> [EXERCISE DESCRIPTION]:
The entries follow. Print each one exactly.

> [INPUT RECORDS]:
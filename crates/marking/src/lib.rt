#![tactic(auto)]

// Marks and their walks, said over the words of tables: propagate, shallow propagation, notify. Definitions and laws: the crate `marks` has the code.
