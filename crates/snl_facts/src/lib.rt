//! What a program says of its variables: the constants that they are compared with and may hold, which of them flow into each other,
//! what it gets and puts, its delays, its formats, and where its state statements lead. A search makes its alphabet of that.
#![tactic(auto)]

mod comparisons;
mod expressions;
mod facts;
mod formats;
mod operands;
mod programs;
mod statements;

pub use facts::{ExpressionFacts, Turn};
pub use formats::Format;
pub use programs::facts_of;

> [TASK ANSWER]:
filename crates/marking/src/lib.rt
#![tactic(auto)]

// Marks and their walks, said over the words of tables: propagate, shallow propagation, notify. Definitions and laws: the crate `marks` has the code.
filename crates/snl_facts/src/lib.rt
//! What a program says of its variables: the constants that they are compared with and may hold, which of them flow into each other,
//! what it gets and puts, its delays, its formats, and where its state statements lead. A search makes its alphabet of that.
#![tactic(auto)]

mod comparisons;
mod expressions;
mod facts;
mod formats;
mod operands;
mod programs;
mod statements;

pub use facts::{ExpressionFacts, Turn};
pub use formats::Format;
pub use programs::facts_of;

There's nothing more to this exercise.